“It is not the critic who counts; not the man who points out how the strong man stumbles, or where the doer of deeds could have done them better. The credit belongs to the man who is actually in the arena, whose face is marred by dust and sweat and blood; who strives valiantly; who errs, who comes short again and again, because there is no effort without error and shortcoming; but who does actually strive to do the deeds; who knows great enthusiasms, the great devotions; who spends himself in a worthy cause; who at the best knows in the end the triumph of high achievement, and who at the worst, if he fails, at least fails while daring greatly, so that his place shall never be with those cold and timid souls who neither know victory nor defeat.”
Teddy Roosevelt
January of 2022 will mark 9 years since I first walked into a CrossFit box. Two weeks past turning 21 years old and full steam ahead. A student and working close to 30 hours a week while going to school. I worked, partied, and did CrossFit with equal intensities, and at that age I could.
Workouts were done at high intensity 5-6 times a week and I signed up for every competition that I could find. If I ran into you outside of the gym environment you still knew I did CrossFit because I told you about it.
As time went on however, my career changed I had to adapt what my day-to-day workout routine looked like. I knew a little about nutrition and experimented with different ways to not only eat healthy but “optimize” my energy levels throughout the day. I hit more workouts at 5 or 6am before hitting the road than I did at lunch or in the evening. Competing was out the door and health was the primary focus.
In 2019 I finally listened to the voice that was telling me I wanted to be a coach. I went and got my L1 and before I had the paper copy in my hand I found and secured a coaching job. I was coming off of a few years now of garage gym-ing it and my motivation for fitness had completely changed. Fitness was a way to sharpen my life and give me the skills needed to be a high-achiever.
Some people are naturally more competitive. These are the people that when given a task they will look around at the others completing the work and try to do it better, faster, and more. These people tend to quickly begin “competing” for spots on the gym’s whiteboard. Then there are some that view what we do here as only exercise, a way to add a few years and maybe take off a few pounds. These are the health-conscious who probably also optimize the other 23 hours of their day. Both of these groups need to do competitions or their progress will stagnate.

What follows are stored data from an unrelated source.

//! The page as nodes with what is known of each.
ghost use Rattle.std.specs.Prelude.{◌≡◌, ◌<◌, length, IfOk, IfSome};
ghost use Rattle.std.specs.Option.{option_map};
ghost use Rattle.htmd_nodes.specs.Items.{children_of};
ghost use Rattle.htmd_nodes.specs.NumberedTrees.{tree_of, forest_of, value_forest, value_at};
ghost use Rattle.htmd_nodes.specs.Views.{data_of};
ghost use Rattle.htmd_article.specs.Facts.{no_facts};
ghost use Rattle.htmd_article.specs.Parts as spec;
ghost use Rattle.htmd_article.specs.PartViews.{part_of, parts_of};

use crate::facts::{Facts, facts_over, facts_sum, text_facts};
use crate::names::{is_body, is_unseen};
use crate::sayings::is_link;
use htmd_nodes::{NodeData, NodeId, Tree};
use std::alloc::{AllocError, Global};

/// A node of the page, with what is known of it.
#[derive(Drop)]
pub(crate) struct Part<'t> {
    pub(crate) node: &'t NodeData,
    pub(crate) facts: Facts,
    pub(crate) parts: Vec<Part<'t>>,
}

/// What is known of nodes beside each other.
pub(crate) fn facts_of_all(parts: &[Part]) -> Result<Facts, AllocError>
    ensures { IfOk result (λ facts. facts ≡ spec.facts_after no_facts (parts_of parts.now)) }
{
    let mut facts = Facts::NONE;
    for part in parts {
        facts = facts_sum(facts, part.facts)?;
    }
    Ok(facts)
}

/// Whether the nodes below this one are in a link, if it is in one or not.
fn is_link_below(node: &NodeData, is_linked: bool) -> bool
    ensures { result ≡ spec.linked_below (data_of node.now) is_linked }
{
    match node {
        NodeData::Element { name, attrs } => is_linked || is_link(name, attrs.as_slice()),
        NodeData::Document | NodeData::Doctype | NodeData::Text(_) | NodeData::Comment(_) => {
            is_linked
        }
    }
}

/// What is known of a node, in a link or not, by the nodes below it.
fn facts_of(node: &NodeData, is_linked: bool, parts: &[Part]) -> Result<Facts, AllocError>
    ensures { IfOk result (λ facts. facts ≡ spec.facts_of (data_of node.now) is_linked (parts_of parts.now)) }
{
    if let NodeData::Text(text) = node {
        return Ok(text_facts(is_linked, text.as_str()));
    }
    facts_over(node, facts_of_all(parts)?)
}

/// A node and those below it, with what is known of each, in a link or not.
#[tactic(auto, using(crate::proofs::MadeLemmas::known_made))]
pub(crate) fn known<'t>(
    alloc: Global,
    tree: &'t Tree,
    id: NodeId,
    is_linked: bool,
) -> Result<Part<'t>, AllocError>
    requires { id < length tree.now }
    ensures { IfOk result (λ part. part_of part ≡ spec.known is_linked (value_at tree.now id)) }
{
    let node = tree.data(id);
    let is_link = is_link_below(node, is_linked);
    let children = tree.children(id);
    let mut parts = Vec::with_capacity(alloc, children.len())?;
    for child in children {
        parts.push(known(alloc, tree, *child, is_link)?)?;
    }
    let facts = facts_of(node, is_linked, parts.as_slice())?;
    Ok(Part { node, facts, parts })
}

/// The first `body` or `frameset` below a node, in document order.
#[cycle(body)]
pub(crate) fn first_body(tree: &Tree, id: NodeId) -> Option<NodeId>
    requires { id < length tree.now }
    ensures within { IfSome result (λ id. id < length tree.now) }
    ensures value { option_map (value_at tree.now) result
        ≡ spec.first_body (value_forest (forest_of (tree_of tree.now) (children_of tree.now id))) }
{
    for child in tree.children(id) {
        let body = body_in(tree, *child);
        if body.is_some() {
            return body;
        }
    }
    None
}

/// The node, if it is one, or the first below it.
#[cycle(body)]
fn body_in(tree: &Tree, id: NodeId) -> Option<NodeId>
    requires { id < length tree.now }
    ensures within { IfSome result (λ id. id < length tree.now) }
    ensures value { option_map (value_at tree.now) result ≡ spec.body_in (value_at tree.now id) }
{
    let NodeData::Element { name, .. } = tree.data(id) else {
        return None;
    };
    if is_body(name) {
        return Some(id);
    }
    if is_unseen(name) {
        return None;
    }
    first_body(tree, id)
}

/// Whether the node is the Document, or an element of which something may show.
pub(crate) fn is_entered(node: &NodeData) -> bool
    ensures { result ≡ spec.is_entered (data_of node.now) }
{
    match node {
        NodeData::Document => true,
        NodeData::Element { name, .. } => !is_unseen(name),
        NodeData::Doctype | NodeData::Text(_) | NodeData::Comment(_) => false,
    }
}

Let’s take the competitor first. If they only ever compete in the gym and never on the competition floor, a problem will arise. The gym is for training. Training is not competing. Again for the people in the back – we train in the gym, we compete on the stage. Why does this matter? If we don’t have an external meet, or reason to train, then the gym becomes the competition. If everyday is a competition instead of training then we don’t progress. These aren’t semantics, these are rules. You can forgo them for a while but it will catch up to you in one way or another, physically or mentally.
Now let’s look at the health-conscious gym-goer. Hopefully the community and the classes provide enough accountability to keep them coming into the gym, but progress takes a long time. The saying goes, 3 months for you to see a difference and 6 months for others. So if you come to the gym for 90 days and no one has commented on your new abilities, will you continue to push? Is the signal strong enough for you to continue making a change? Possibly, but data tends to say no.
Either camp will grow physically and mentally from competing. A blade must go into the fire to forge a tempered edge, but unless you pull it out occasionally to check your progress the heat will eventually melt it away. Competition is this self-check. It can show you how far you’ve come and also what you need to do to continue progressing. It allows for a perspective that cannot be obtained in other ways – you must enter the arena.
Competitions come in many forms nowadays. Everything from CrossFit to functional fitness, OCR to tactical games – fitness as a function is taking hold. If you are doing the work you owe it to yourself to put it out on the line for the world, and mainly yourself, to see. Don’t allow others egos or attitudes to muddle what is inherently beautiful. We are human creatures that grow out of adversity, allow yourself the chance. Get uncomfortable for a while, you’ll like what comes out of it.